Work instruction: Return each of the entries below precisely as it appears.

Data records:
//! Lines of a report that show that its run is caught.

ghost use Rattle.std.specs.Prelude.{◌≡◌, ◌++◌, [], true, OnOk};
ghost use Rattle.text_lines.specs.Parts.{lines};
ghost use Rattle.commands.specs.Signs.{begins_with_one, is_sign, has_sign, signs_in, wants_faults, is_caught};

use command_words::HuntRequest;
use text_lines::{Parts, without_end};
use wasm_types::NoMemory;

/// What a line has to say to be a sign.
#[derive(Clone, Copy)]
pub(crate) struct Signs<'a> {
    /// Whether it is to say that a thread trapped, or waits at the end.
    faults: bool,
    /// If not, the texts with one of which it is to begin.
    texts: &'a [&'a str],
}

/// Whether a line begins with one of some texts.
fn begins_with_one(line: &[u8], texts: &[&str]) -> bool
    ensures { result ≡ begins_with_one texts.now line.now }
{
    texts.iter().any(|text| line.starts_with(text.as_bytes()))
}

/// Whether the third word of a line is one of what a thread came to that trapped, or that waits.
fn tells_fault(line: &[u8]) -> bool
    ensures { result ≡ is_sign true [] line.now }
{
    match Parts::new(line, b' ').part_at(2) {
        None => false,
        Some(word) => word == b"trap".as_slice() || word == b"waiting".as_slice(),
    }
}

/// Whether a line is a sign.
fn is_sign(signs: Signs<'_>, line: &[u8]) -> bool
    ensures { result ≡ is_sign signs.entry.faults signs.entry.texts.now line.now }
{
    if signs.faults {
        tells_fault(line)
    } else {
        begins_with_one(line, signs.texts)
    }
}

/// Whether a line of a report is a sign.
fn has_sign(signs: Signs<'_>, report: &[u8]) -> bool
    ensures { result ≡ has_sign signs.entry.faults signs.entry.texts.now report.now }
{
    let mut lines = Parts::new(without_end(report), b'\n');
    while let Some(line) = lines.take_part() {
        if is_sign(signs, line) {
            return true;
        }
    }
    false
}

/// Puts the lines of a report that are signs behind a text.
pub(crate) fn put_signs(text: &mut Vec<u8>, signs: Signs<'_>, report: &[u8]) -> Result<(), NoMemory>
    ensures { OnOk result (text.new.items ≡ text.old.items ++ signs_in signs.entry.faults signs.entry.texts.now (lines report.now)) }
{
    let mut lines = Parts::new(without_end(report), b'\n');
    while let Some(line) = lines.take_part() {
        if is_sign(signs, line) {
            text.extend_from_slice(line)?;
            text.push(b'\n')?;
        }
    }
    Ok(())
}

/// The signs of a run that is caught for a line that it has.
pub(crate) fn signs_of<'a>(request: &'a HuntRequest<'_>) -> Signs<'a>
    ensures faults { result.faults ≡ wants_faults request.now.until.items request.now.unless.items }
    ensures texts { result.texts.now ≡ request.now.until.items }
{
    Signs {
        faults: request.until.is_empty() && request.unless.is_empty(),
        texts: request.until.as_slice(),
    }
}

/// Whether a run with this report is caught.
pub(crate) fn is_caught(request: &HuntRequest<'_>, report: &[u8]) -> bool
    ensures { result ≡ is_caught request.now.until.items request.now.unless.items report.now }
{
    if has_sign(signs_of(request), report) {
        return true;
    }
    let right = Signs {
        faults: false,
        texts: request.unless.as_slice(),
    };
    !request.unless.is_empty() && !has_sign(right, report)
}
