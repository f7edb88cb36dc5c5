//! Where threads stand at the end of a recorded run.

ghost use Rattle.std.specs.Prelude.{◌≡◌, IfOk, map, string_bytes};
ghost use Rattle.wasm_record.specs.Cut.{pieces_of};
ghost use Rattle.replica.specs.Log.{key_of, log_of};
ghost use Rattle.replica.specs.LogOf.{Among, IsLogOf};
ghost use Rattle.thread_plan.specs.Plans.{IsPlanOf};
ghost use Rattle.commands.specs.Notes.{notes_by};
ghost use Rattle.commands.specs.Records.{AreNotesByReplay, AreNotesOfRun};

use crate::program::Program;
use debug_views::{Notes, notes_of_end};
use replica::Replica;
use std::alloc::Global;
use wasm_record::Recording;
use wasm_types::NoMemory;

/// What is said of where threads stand: offsets stand beside names.
pub fn notes_by(names: bool, offsets: bool) -> Notes
    ensures { result ≡ notes_by names offsets }
{
    match (names, offsets) {
        (_, true) => Notes::Offsets,
        (true, false) => Notes::Names,
        (false, false) => Notes::Nothing,
    }
}

/// The log that the pieces of a recording make. They are of one run, so that only memory can be wanting.
fn log_of_recording(alloc: Global, recording: &Recording, size: u32) -> Result<Replica, NoMemory>
    ensures same_key { IfOk result (λ replica. key_of (log_of replica) ≡ recording.now.key) }
    ensures is_log { IfOk result (λ replica. IsLogOf (Among (pieces_of recording.now.key recording.now.recorded.threads size)) (log_of replica)) }
{
    let Ok(mut pieces) = recording.pieces(alloc, size) else {
        return Err(NoMemory);
    };
    let mut replica = Replica::new(alloc, *recording.key());
    while let Some(piece) = pieces.pop() {
        match replica.deliver(alloc, &piece) {
            Ok(()) => {}
            Err(_) => return Err(NoMemory),
        }
    }
    Ok(replica)
}

/// Where threads stand at the end of a recorded run, by a replay of the log of its pieces.
fn notes_by_replay(
    alloc: Global,
    program: &Program,
    recording: &Recording,
    size: u32,
    asked: Notes,
) -> Result<Vec<String>, NoMemory>
    requires { IsPlanOf program.now.valid program.now.plan }
    ensures { IfOk result (λ notes. AreNotesByReplay program.now.valid program.now.plan size recording.now asked (map string_bytes notes.items)) }
{
    let replica = log_of_recording(alloc, recording, size)?;
    let Program { valid, plan } = program;
    match notes_of_end(alloc, valid, plan, replica.log(), &[], asked) {
        Ok(notes) => Ok(notes),
        Err(_) => Err(NoMemory),
    }
}

/// What is asked for of where threads stand at the end of a recorded run.
pub(crate) fn notes_of_run(
    alloc: Global,
    program: &Program,
    recording: &Recording,
    size: u32,
    asked: Notes,
) -> Result<Vec<String>, NoMemory>
    requires { IsPlanOf program.now.valid program.now.plan }
    ensures { IfOk result (λ notes. AreNotesOfRun program.now.valid program.now.plan size recording.now asked (map string_bytes notes.items)) }
{
    match asked {
        Notes::Nothing => Ok(Vec::new(alloc)),
        Notes::Names => notes_by_replay(alloc, program, recording, size, Notes::Names),
        Notes::Offsets => notes_by_replay(alloc, program, recording, size, Notes::Offsets),
    }
}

Answer space:
//! Lines of a report that show that its run is caught.

ghost use Rattle.std.specs.Prelude.{◌≡◌, ◌++◌, [], true, OnOk};
ghost use Rattle.text_lines.specs.Parts.{lines};
ghost use Rattle.commands.specs.Signs.{begins_with_one, is_sign, has_sign, signs_in, wants_faults, is_caught};

use command_words::HuntRequest;
use text_lines::{Parts, without_end};
use wasm_types::NoMemory;

/// What a line has to say to be a sign.
#[derive(Clone, Copy)]
pub(crate) struct Signs<'a> {
    /// Whether it is to say that a thread trapped, or waits at the end.
    faults: bool,
    /// If not, the texts with one of which it is to begin.
    texts: &'a [&'a str],
}

/// Whether a line begins with one of some texts.
fn begins_with_one(line: &[u8], texts: &[&str]) -> bool
    ensures { result ≡ begins_with_one texts.now line.now }
{
    texts.iter().any(|text| line.starts_with(text.as_bytes()))
}

/// Whether the third word of a line is one of what a thread came to that trapped, or that waits.
fn tells_fault(line: &[u8]) -> bool
    ensures { result ≡ is_sign true [] line.now }
{
    match Parts::new(line, b' ').part_at(2) {
        None => false,
        Some(word) => word == b"trap".as_slice() || word == b"waiting".as_slice(),
    }
}

/// Whether a line is a sign.
fn is_sign(signs: Signs<'_>, line: &[u8]) -> bool
    ensures { result ≡ is_sign signs.entry.faults signs.entry.texts.now line.now }
{
    if signs.faults {
        tells_fault(line)
    } else {
        begins_with_one(line, signs.texts)
    }
}

/// Whether a line of a report is a sign.
fn has_sign(signs: Signs<'_>, report: &[u8]) -> bool
    ensures { result ≡ has_sign signs.entry.faults signs.entry.texts.now report.now }
{
    let mut lines = Parts::new(without_end(report), b'\n');
    while let Some(line) = lines.take_part() {
        if is_sign(signs, line) {
            return true;
        }
    }
    false
}

/// Puts the lines of a report that are signs behind a text.
pub(crate) fn put_signs(text: &mut Vec<u8>, signs: Signs<'_>, report: &[u8]) -> Result<(), NoMemory>
    ensures { OnOk result (text.new.items ≡ text.old.items ++ signs_in signs.entry.faults signs.entry.texts.now (lines report.now)) }
{
    let mut lines = Parts::new(without_end(report), b'\n');
    while let Some(line) = lines.take_part() {
        if is_sign(signs, line) {
            text.extend_from_slice(line)?;
            text.push(b'\n')?;
        }
    }
    Ok(())
}

/// The signs of a run that is caught for a line that it has.
pub(crate) fn signs_of<'a>(request: &'a HuntRequest<'_>) -> Signs<'a>
    ensures faults { result.faults ≡ wants_faults request.now.until.items request.now.unless.items }
    ensures texts { result.texts.now ≡ request.now.until.items }
{
    Signs {
        faults: request.until.is_empty() && request.unless.is_empty(),
        texts: request.until.as_slice(),
    }
}

/// Whether a run with this report is caught.
pub(crate) fn is_caught(request: &HuntRequest<'_>, report: &[u8]) -> bool
    ensures { result ≡ is_caught request.now.until.items request.now.unless.items report.now }
{
    if has_sign(signs_of(request), report) {
        return true;
    }
    let right = Signs {
        faults: false,
        texts: request.unless.as_slice(),
    };
    !request.unless.is_empty() && !has_sign(right, report)
}
repository f7edb88cb36dc5c5
//! Where threads stand at the end of a recorded run.

ghost use Rattle.std.specs.Prelude.{◌≡◌, IfOk, map, string_bytes};
ghost use Rattle.wasm_record.specs.Cut.{pieces_of};
ghost use Rattle.replica.specs.Log.{key_of, log_of};
ghost use Rattle.replica.specs.LogOf.{Among, IsLogOf};
ghost use Rattle.thread_plan.specs.Plans.{IsPlanOf};
ghost use Rattle.commands.specs.Notes.{notes_by};
ghost use Rattle.commands.specs.Records.{AreNotesByReplay, AreNotesOfRun};

use crate::program::Program;
use debug_views::{Notes, notes_of_end};
use replica::Replica;
use std::alloc::Global;
use wasm_record::Recording;
use wasm_types::NoMemory;

/// What is said of where threads stand: offsets stand beside names.
pub fn notes_by(names: bool, offsets: bool) -> Notes
    ensures { result ≡ notes_by names offsets }
{
    match (names, offsets) {
        (_, true) => Notes::Offsets,
        (true, false) => Notes::Names,
        (false, false) => Notes::Nothing,
    }
}

/// The log that the pieces of a recording make. They are of one run, so that only memory can be wanting.
fn log_of_recording(alloc: Global, recording: &Recording, size: u32) -> Result<Replica, NoMemory>
    ensures same_key { IfOk result (λ replica. key_of (log_of replica) ≡ recording.now.key) }
    ensures is_log { IfOk result (λ replica. IsLogOf (Among (pieces_of recording.now.key recording.now.recorded.threads size)) (log_of replica)) }
{
    let Ok(mut pieces) = recording.pieces(alloc, size) else {
        return Err(NoMemory);
    };
    let mut replica = Replica::new(alloc, *recording.key());
    while let Some(piece) = pieces.pop() {
        match replica.deliver(alloc, &piece) {
            Ok(()) => {}
            Err(_) => return Err(NoMemory),
        }
    }
    Ok(replica)
}

/// Where threads stand at the end of a recorded run, by a replay of the log of its pieces.
fn notes_by_replay(
    alloc: Global,
    program: &Program,
    recording: &Recording,
    size: u32,
    asked: Notes,
) -> Result<Vec<String>, NoMemory>
    requires { IsPlanOf program.now.valid program.now.plan }
    ensures { IfOk result (λ notes. AreNotesByReplay program.now.valid program.now.plan size recording.now asked (map string_bytes notes.items)) }
{
    let replica = log_of_recording(alloc, recording, size)?;
    let Program { valid, plan } = program;
    match notes_of_end(alloc, valid, plan, replica.log(), &[], asked) {
        Ok(notes) => Ok(notes),
        Err(_) => Err(NoMemory),
    }
}

/// What is asked for of where threads stand at the end of a recorded run.
pub(crate) fn notes_of_run(
    alloc: Global,
    program: &Program,
    recording: &Recording,
    size: u32,
    asked: Notes,
) -> Result<Vec<String>, NoMemory>
    requires { IsPlanOf program.now.valid program.now.plan }
    ensures { IfOk result (λ notes. AreNotesOfRun program.now.valid program.now.plan size recording.now asked (map string_bytes notes.items)) }
{
    match asked {
        Notes::Nothing => Ok(Vec::new(alloc)),
        Notes::Names => notes_by_replay(alloc, program, recording, size, Notes::Names),
        Notes::Offsets => notes_by_replay(alloc, program, recording, size, Notes::Offsets),
    }
}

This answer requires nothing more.